Well, the first part I already got, which is the value of the integral equal to 1/6.
However, in the second one, which is to verify the statements, I thought about using the independence of the path. For that, I checked if the field is conservative.
$$\frac{dP}{dy} = \frac{dQ}{dx}$$
But, equality is not satisfied. Implying that I cannot use the independence of the path to verify the claims. I'm wrong? What is the correct way to proceed. Furthermore why the need for the conditions mentioned ($x = y = f (t), 0 \leq t \leq 1, f'(t) > 0, f(0) = 0, f(1) = 1$)?
Thanks in advance!
 A: "Not depending on parametrizations (of one path)" is different from "independent of paths".
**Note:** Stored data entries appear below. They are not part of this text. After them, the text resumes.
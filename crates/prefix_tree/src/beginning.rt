//! The empty prefix, which alone waits before the first turn.

ghost use Rattle.std.specs.Prelude.{IfOk};
ghost use Rattle.space_api.specs.View.{View};
ghost use Rattle.prefix_tree.specs.Entries.{queued_entries};
ghost use Rattle.prefix_tree.specs.EmptyPrefix.{EmptyWaits};

use crate::entry::Entry;
use crate::moves::number_of_start;
use crate::queue::Queue;
use crate::state_graph::StateGraph;
use crate::tree::Node;
use space_api::{Space, goal_at};
use std::alloc::Global;
use std::cmp::Reverse;
use symk_task::Memory;

/// The states, the tree and the queue where the empty prefix alone waits, which ends in the initial state.
pub fn empty_prefix<S: Space>(
    alloc: Global,
    space: &S,
) -> Result<(StateGraph, Vec<Node>, Queue), Memory>
    ensures { IfOk result (λ x. EmptyWaits (S.view space.now).system x.0 x.1.items (queued_entries x.2)) }
{
    let mut graph = StateGraph::new(alloc);
    let start = number_of_start(alloc, space, &mut graph)?;
    let at_goal = goal_at(alloc, space, graph.state(start))?;
    let mut tree = Vec::new(alloc);
    tree.push(Node {
        parent: 0,
        op: 0,
        state: start,
    })?;
    let mut queue = Queue::new(alloc);
    queue.push(Entry {
        bound: Reverse(0),
        cost: 0,
        ring: Reverse(0),
        node: 0,
        settled: false,
        at_goal,
    })?;
    Ok((graph, tree, queue))
}
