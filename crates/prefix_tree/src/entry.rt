//! Entries of a queue of prefixes.

ghost use Rattle.std.specs.Prelude.{◌≡◌, IfOk};
ghost use Rattle.prefix_tree.specs.Entries.{entry_alone};

use std::alloc::{AllocError, Global};
use std::cmp::Reverse;

/// A prefix in the queue. The greatest entry is handed out first.
#[derive(Clone, Copy, Debug, PartialEq, Eq, PartialOrd, Ord)]
pub struct Entry {
    /// No plan that goes on from the prefix costs less.
    pub bound: Reverse<u128>,
    /// What the prefix costs.
    pub cost: u128,
    /// The ring of a search back in which its last state stands, where that search counts them.
    pub ring: Reverse<usize>,
    /// Its place in the tree.
    pub node: usize,
    /// Nothing more can be learned of its bound.
    pub settled: bool,
    /// Its last state is a goal state.
    pub at_goal: bool,
}

/// The entry alone, or none. It fails only out of memory.
pub fn one_or_none(alloc: Global, entry: Option<Entry>) -> Result<Vec<Entry>, AllocError>
    ensures { IfOk result (λ entries. entries.items ≡ entry_alone entry) }
{
    let mut entries = Vec::new(alloc);
    match entry {
        None => Ok(entries),
        Some(entry) => {
            entries.push(entry)?;
            Ok(entries)
        }
    }
}
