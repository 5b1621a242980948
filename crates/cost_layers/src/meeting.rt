//! The first of several sets that has a state in common with another.

ghost use Rattle.std.specs.Prelude.{IfOk};
ghost use Rattle.std.specs.List.{AllByRecursion};
ghost use Rattle.space_api.specs.View.{View, Valid};
ghost use Rattle.space_api.specs.Frames.{Stays};
ghost use Rattle.cost_layers.specs.Rings.{FirstMeeting};

use space_api::{Space, SpaceFault, meets};

/// The number of the first of the sets that has a state in common with `set`.
pub(crate) fn first_meeting<S: Space>(
    space: &mut S,
    rings: &[S::Set],
    set: S::Set,
) -> Result<Option<u64>, SpaceFault>
    requires each { AllByRecursion (Valid (S.view space.old)) rings.now }
    requires set { Valid (S.view space.old) set }
    ensures stays { Stays (S.view space.old) (S.view space.new) }
    ensures ok { IfOk result (FirstMeeting (S.view space.old) rings.now set) }
{
    for (i, ring) in rings.iter().enumerate() {
        if meets(space, *ring, set)? {
            return Ok(Some(i as u64));
        }
    }
    Ok(None)
}
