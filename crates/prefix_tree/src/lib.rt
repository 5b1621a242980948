//! Prefixes of plans: a tree that has each once, the states where they end, and a queue of those that may still go on.
//!
//! A prefix in the tree has the one before it, the operator that makes it longer, and the number of the one state where
//! it ends, since operators lead to one state. So a prefix takes the same memory however long it is, and no set: its
//! operators, and the numbers of the states on its way, are read along the ones before. `StateGraph` has each state
//! once, as values of the task's variables, and of a state the moves, which are found once, when the first prefix that
//! ends there goes on. The queue hands out the entry of the least bound, of equal bounds one of the greatest cost, and of
//! those one in the earliest ring. The contracts say which operators a prefix has, whether it passes a state, which moves
//! lead on from a state, and which entries the queue has, for all plans (a prefix runs) and for loopless ones (it passes
//! no state twice besides). Before the first turn the empty prefix alone waits (`empty_prefix`). It stands on `lazy_plans`
//! for what prefixes are, on `space_api` for steps from state to state, on `indexmap` for states by number, and on std's
//! binary heap.
#![tactic(auto)]

mod beginning;
mod ends;
mod entry;
mod moves;
mod queue;
mod state_graph;
mod tree;

pub use beginning::empty_prefix;
pub use ends::goal_after;
pub use entry::{Entry, one_or_none};
pub use moves::{find_moves, number_of_start};
pub use queue::Queue;
pub use state_graph::{Move, StateGraph};
pub use tree::{Node, add, node_at, operators_to, passes};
The former says that the notion of the line integral using one particular parameterization is well-defined.
The latter is a property of the underlying vector field in the integral.
A: I show the reparametrizazion exercise using some notation on differential forms. Hope to not mess it up too much since I am rusty.
So the exercise suggests to take the generic parametrization of the path $\gamma$, defined through $f$ :
$p(t):[0,1]\rightarrow \mathbf{R}^2, p(t)=(f(t),f(t)), p(0)=(0,0),p(1)=(1,1)$
and than apply the definition of the line integral. Calling $z=ydx-x^2dy$ the 1-form on $\mathbf{R}^2$ this leads to:
$\int_{\gamma}z=\int_0^1 z(p(t))[p_*(\partial_x)]dt$
where $ z(f(t))$ is the one form evaluated at $f(t)$ and $p_*(\partial_x)$ is the pushforward of the tangent field in [0,1]. $z(x)[v]$ is the value of the differential form at $x$ applied to the tangent vector $v$.
Explicitely:
$z(p(t))=f(t)dx-f(t)^2dy$
$p_*(\partial_x)=f'(t)\partial_x+f'(t)\partial_y$
So putting together:
$\int_{\gamma}z=\int_0^1f(t)f'(t)-f(t)^2f'(t)dt$
And now we can change variables : $y=f'(t)$, so that:
$\int_{\gamma}z=\int_0^1 y-y^2 dy=1/6$
You may want to apply the same calculations using a different notation according to the one you are studying right now.